02-11-07

Cricket and I checked in on the Northern Waterthrush again this afternoon around 5:00. It was calling loudly at the far western arm of the marsh. The area is accessed off of Charleston Road (near Amphitheater) in Mountain View. We parked at MIPS, crossed the street and walked on the left-hand trail beginning at the trellis. A sharp left appear about half way to where we saw and heard the Waterthrush. There are several large radio dishes along this section of the creek as well as some large red brick buildings on the other side. The bird was repeatedly dodging back and forth from a small patch of mud to the nearby reeds. The call note is impressively loud and quite different from the more liquid calls of the surrounding Yellow-rumped Warblers. It is conspicuously washed with yellow on the underside and continually bobbed its tail, much like a Spotted Sandpiper.






02-04-07

I stopped at Sunol Regional Wilderness late this morning to search for the Red-naped Sapsucker which appeared shortly after I arrived at the tree. The bird was, as previously reported, foraging in the upper branches of a huge tree near the picnic table. To reach this tree, walk across the footbridge and turn right. About 30 yards of so further there is a dirt trail leading uphill, and one leading down to the water.

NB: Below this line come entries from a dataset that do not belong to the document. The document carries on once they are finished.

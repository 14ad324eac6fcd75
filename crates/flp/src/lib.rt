// The definitions and laws of the FLP of PINE (pine/flp.rs of the Rust): encoding a gradient, the
// wraparound tests, the two validity circuits and the parts of the vector that they read. The calls
// are in the crates wr_tests, encode, parts and validity.
#![tactic(auto)]

use rules::Answer;

// What a circuit answers: its value and how many gadget calls it made, both 0 beside a refusal.
#[repr(C)]
#[derive(Clone, Copy)]
pub struct Circuit {
    pub answer: Answer,
    pub value: u64,
    pub gadget_calls: u64,
}
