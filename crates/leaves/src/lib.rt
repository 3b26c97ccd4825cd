// States of a step's walk with no question left: which they are, and their entries.
#![tactic(auto)]

ghost use Rattle.std.specs.Prelude.{◌≡◌, ◌/◌};
ghost use Rattle.algebra.specs.Width.{bounded};
ghost use Rattle.transitions.specs.Source.{vals_of, HoldsSlot, ReadingLeaf};
ghost use Rattle.transitions.specs.Next.{is_leaf, leaf_entry};

use algebra::Entry;
use stores::Values;
use transitions::{Mode, State};

#[inline]
#[tactic(auto, unfolding(transitions::specs::Next::is_leaf))]
pub fn is_leaf(state: State) -> bool
    ensures { result ≡ is_leaf state }
{
    match state.mode {
        Mode::Turning(_) => state.x % 2 == 0,
        Mode::Adding | Mode::Subtracting => state.x % 2 == 0 && state.y % 2 == 0,
        Mode::Waiting(_) | Mode::Swapping { .. } | Mode::Choosing { .. } => false,
    }
}

// The entry of a state with no question left, if it lies within the width.
#[tactic(auto, unfolding(transitions::specs::Next::is_leaf, transitions::specs::Next::leaf_entry))]
pub fn leaf(source: &Values<'_>, state: State, width: u32) -> Option<Entry>
    requires { HoldsSlot (vals_of source.now) (state.x / 2) × HoldsSlot (vals_of source.now) (state.y / 2) }
    ensures { ReadingLeaf (vals_of source.now) state
        (λ s. result ≡ bounded width (leaf_entry s state)) }
{
    let e = source.value_at((state.x / 2) as usize);
    match state.mode {
        Mode::Turning(power) => algebra::turned(e, power, width),
        Mode::Adding => algebra::sum(e, source.value_at((state.y / 2) as usize), width),
        Mode::Subtracting => algebra::difference(e, source.value_at((state.y / 2) as usize), width),
        // These have a question left, and no caller comes here with one. The function asks nothing of the mode, so it needs some answer: None, as
        // for an entry outside the width.
        Mode::Waiting(_) | Mode::Swapping { .. } | Mode::Choosing { .. } => None,
    }
}
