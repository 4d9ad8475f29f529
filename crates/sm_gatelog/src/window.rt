//! A part of a file that is read at once.
ghost use Rattle.std.specs.Prelude.{◌≡◌, ◌+◌, ◌-◌, ◌<◌, ◌≤◌, length, take, drop, IfSome, IfOk, OnOk};
ghost use Rattle.sm_site.specs.Image.{bytes_of};
ghost use Rattle.sm_site.specs.Clauses.{read};
ghost use Rattle.sm_gatelog.specs.Moments.{Asks};

use sm_site::{Disk, Failed};
use std::alloc::{AllocError, Global};

// How many bytes are read at once.
const WINDOW_BYTES: usize = 65_536;

// Bytes of a file from a place on. Many small records are read in one disk call.
#[derive(Drop)]
pub(crate) struct Window {
    pub(crate) start: u64,
    pub(crate) bytes: Vec<u8>,
}

// A window of zeros, which stands for no file yet.
pub(crate) fn blank_window(alloc: Global) -> Result<Window, AllocError>
    ensures five { IfOk result (λ window. 5 ≤ length window.bytes.items) }
{
    Ok(Window {
        start: 0,
        bytes: vec![in alloc; 0; WINDOW_BYTES]?,
    })
}

// Reads the bytes from this place on into the window.
pub(crate) fn fill<D: Disk>(
    window: &mut Window,
    disk: &mut D,
    file: u32,
    at: u64,
) -> Result<(), Failed>
    ensures told { OnOk result (IfSome (D.seen.view disk.old).contents
        (λ c. window.new.bytes.items ≡ read (bytes_of c file) window.new.start (length window.new.bytes.items))) }
    ensures start { OnOk result (window.new.start ≡ at) }
    ensures length { length window.new.bytes.items ≡ length window.old.bytes.items }
    ensures asks { Asks D.seen disk.old disk.new result }
{
    disk.read_at(file, at, &mut window.bytes)?;
    window.start = at;
    Ok(())
}

// Five bytes of the window.
fn five_at(bytes: &[u8], from: usize) -> [u8; 5]
    requires { from + 5 ≤ length bytes.now }
    ensures { result ≡ take 5 (drop from bytes.now) }
{
    [
        bytes[from],
        bytes[from + 1],
        bytes[from + 2],
        bytes[from + 3],
        bytes[from + 4],
    ]
}

// Moves the window to this place where it doesn't cover five bytes from there on.
fn reach<D: Disk>(window: &mut Window, disk: &mut D, file: u32, at: u64) -> Result<(), Failed>
    requires five { 5 ≤ length window.old.bytes.items }
    requires told { IfSome (D.seen.view disk.old).contents (λ c. window.old.bytes.items ≡ read (bytes_of c file) window.old.start (length window.old.bytes.items)) }
    ensures told { OnOk result (IfSome (D.seen.view disk.old).contents
        (λ c. window.new.bytes.items ≡ read (bytes_of c file) window.new.start (length window.new.bytes.items))) }
    ensures below { OnOk result (window.new.start ≤ at) }
    ensures covers { OnOk result (at - window.new.start + 5 ≤ length window.new.bytes.items) }
    ensures five { 5 ≤ length window.new.bytes.items }
    ensures asks { Asks D.seen disk.old disk.new result }
{
    let last = window.bytes.len() as u64 - 5;
    if window.start <= at && at - window.start <= last {
        return Ok(());
    }
    fill(window, disk, file, at)
}

// The five bytes of a file from a place on.
pub(crate) fn front_at<D: Disk>(
    window: &mut Window,
    disk: &mut D,
    file: u32,
    at: u64,
) -> Result<[u8; 5], Failed>
    requires five { 5 ≤ length window.old.bytes.items }
    requires told { IfSome (D.seen.view disk.old).contents (λ c. window.old.bytes.items ≡ read (bytes_of c file) window.old.start (length window.old.bytes.items)) }
    ensures front { IfOk result (λ front. IfSome (D.seen.view disk.old).contents (λ c. front ≡ read (bytes_of c file) at 5)) }
    ensures told { IfOk result (λ front. IfSome (D.seen.view disk.old).contents
        (λ c. window.new.bytes.items ≡ read (bytes_of c file) window.new.start (length window.new.bytes.items))) }
    ensures five { 5 ≤ length window.new.bytes.items }
    ensures asks { Asks D.seen disk.old disk.new result }
{
    reach(window, disk, file, at)?;
    Ok(five_at(&window.bytes, (at - window.start) as usize))
}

The tree where the bird was found at this junction and is marked with thousands of sapsucker holes, a few of which, close to the top, are quite new and that is where I saw the bird quietly feeding. Interestingly, I saw a Ruby-crowned Kinglet utilizing these holes too. Several Varied Thrushes were in the area, including two on the lawn back near the cars. An immature Golden Eagle appeared overhead, circling with Turkey Vultures.

After that, I looked for the Townsend's Solitaire, which I was albe to relocate between mp .3 and .4 along Geary Road. It perched and called from a large oak tree with patches of mistletoe across from the No Parking Anytime sign. At first, it appeared like a dull Western Bluebird, until I saw the tail, which is considerably longer and the flight even more fluttery.